*WHAT THIS TASK INVOLVES*
Restate the whole listing exactly.

****

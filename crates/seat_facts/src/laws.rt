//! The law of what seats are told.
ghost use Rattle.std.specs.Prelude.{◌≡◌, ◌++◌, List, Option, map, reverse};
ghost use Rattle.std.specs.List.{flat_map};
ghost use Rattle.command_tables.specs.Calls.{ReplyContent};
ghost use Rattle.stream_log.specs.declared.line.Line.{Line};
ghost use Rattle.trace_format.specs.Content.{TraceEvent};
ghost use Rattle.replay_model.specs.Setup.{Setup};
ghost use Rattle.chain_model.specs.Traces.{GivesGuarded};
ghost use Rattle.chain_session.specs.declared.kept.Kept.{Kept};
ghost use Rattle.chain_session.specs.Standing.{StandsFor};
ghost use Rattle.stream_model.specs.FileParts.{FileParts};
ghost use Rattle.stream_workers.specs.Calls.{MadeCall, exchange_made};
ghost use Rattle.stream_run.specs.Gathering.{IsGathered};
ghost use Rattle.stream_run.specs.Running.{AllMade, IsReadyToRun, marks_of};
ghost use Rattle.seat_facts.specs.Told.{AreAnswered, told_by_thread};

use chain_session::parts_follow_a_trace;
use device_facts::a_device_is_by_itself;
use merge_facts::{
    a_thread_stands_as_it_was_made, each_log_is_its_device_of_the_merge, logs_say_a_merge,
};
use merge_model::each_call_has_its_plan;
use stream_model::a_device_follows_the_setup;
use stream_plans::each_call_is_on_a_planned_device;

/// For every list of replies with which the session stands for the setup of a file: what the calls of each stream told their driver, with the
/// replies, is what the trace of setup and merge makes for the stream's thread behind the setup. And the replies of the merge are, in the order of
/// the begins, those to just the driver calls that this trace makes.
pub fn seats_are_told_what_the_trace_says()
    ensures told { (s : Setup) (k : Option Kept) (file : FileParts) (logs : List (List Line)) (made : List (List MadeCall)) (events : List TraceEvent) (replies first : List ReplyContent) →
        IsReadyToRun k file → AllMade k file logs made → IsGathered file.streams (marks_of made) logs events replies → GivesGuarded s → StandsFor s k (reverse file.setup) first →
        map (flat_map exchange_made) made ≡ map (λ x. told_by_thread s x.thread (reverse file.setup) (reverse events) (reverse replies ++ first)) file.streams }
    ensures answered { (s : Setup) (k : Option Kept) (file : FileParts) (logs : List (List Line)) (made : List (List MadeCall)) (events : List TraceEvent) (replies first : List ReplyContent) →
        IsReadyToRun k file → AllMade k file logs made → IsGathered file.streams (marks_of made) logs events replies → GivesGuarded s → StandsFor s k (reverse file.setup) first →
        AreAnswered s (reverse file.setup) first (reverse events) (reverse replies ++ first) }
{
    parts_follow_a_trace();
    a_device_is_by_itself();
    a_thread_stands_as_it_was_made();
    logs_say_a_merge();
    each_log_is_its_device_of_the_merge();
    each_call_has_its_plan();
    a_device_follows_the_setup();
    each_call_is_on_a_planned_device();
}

****

*RESPONSE BOX*
filename crates/seat_facts/src/laws.rt
//! The law of what seats are told.
ghost use Rattle.std.specs.Prelude.{◌≡◌, ◌++◌, List, Option, map, reverse};
ghost use Rattle.std.specs.List.{flat_map};
ghost use Rattle.command_tables.specs.Calls.{ReplyContent};
ghost use Rattle.stream_log.specs.declared.line.Line.{Line};
ghost use Rattle.trace_format.specs.Content.{TraceEvent};
ghost use Rattle.replay_model.specs.Setup.{Setup};
ghost use Rattle.chain_model.specs.Traces.{GivesGuarded};
ghost use Rattle.chain_session.specs.declared.kept.Kept.{Kept};
ghost use Rattle.chain_session.specs.Standing.{StandsFor};
ghost use Rattle.stream_model.specs.FileParts.{FileParts};
ghost use Rattle.stream_workers.specs.Calls.{MadeCall, exchange_made};
ghost use Rattle.stream_run.specs.Gathering.{IsGathered};
ghost use Rattle.stream_run.specs.Running.{AllMade, IsReadyToRun, marks_of};
ghost use Rattle.seat_facts.specs.Told.{AreAnswered, told_by_thread};

use chain_session::parts_follow_a_trace;
use device_facts::a_device_is_by_itself;
use merge_facts::{
    a_thread_stands_as_it_was_made, each_log_is_its_device_of_the_merge, logs_say_a_merge,
};
use merge_model::each_call_has_its_plan;
use stream_model::a_device_follows_the_setup;
use stream_plans::each_call_is_on_a_planned_device;

/// For every list of replies with which the session stands for the setup of a file: what the calls of each stream told their driver, with the
/// replies, is what the trace of setup and merge makes for the stream's thread behind the setup. And the replies of the merge are, in the order of
/// the begins, those to just the driver calls that this trace makes.
pub fn seats_are_told_what_the_trace_says()
    ensures told { (s : Setup) (k : Option Kept) (file : FileParts) (logs : List (List Line)) (made : List (List MadeCall)) (events : List TraceEvent) (replies first : List ReplyContent) →
        IsReadyToRun k file → AllMade k file logs made → IsGathered file.streams (marks_of made) logs events replies → GivesGuarded s → StandsFor s k (reverse file.setup) first →
        map (flat_map exchange_made) made ≡ map (λ x. told_by_thread s x.thread (reverse file.setup) (reverse events) (reverse replies ++ first)) file.streams }
    ensures answered { (s : Setup) (k : Option Kept) (file : FileParts) (logs : List (List Line)) (made : List (List MadeCall)) (events : List TraceEvent) (replies first : List ReplyContent) →
        IsReadyToRun k file → AllMade k file logs made → IsGathered file.streams (marks_of made) logs events replies → GivesGuarded s → StandsFor s k (reverse file.setup) first →
        AreAnswered s (reverse file.setup) first (reverse events) (reverse replies ++ first) }
{
    parts_follow_a_trace();
    a_device_is_by_itself();
    a_thread_stands_as_it_was_made();
    logs_say_a_merge();
    each_log_is_its_device_of_the_merge();
    each_call_has_its_plan();
    a_device_follows_the_setup();
    each_call_is_on_a_planned_device();
}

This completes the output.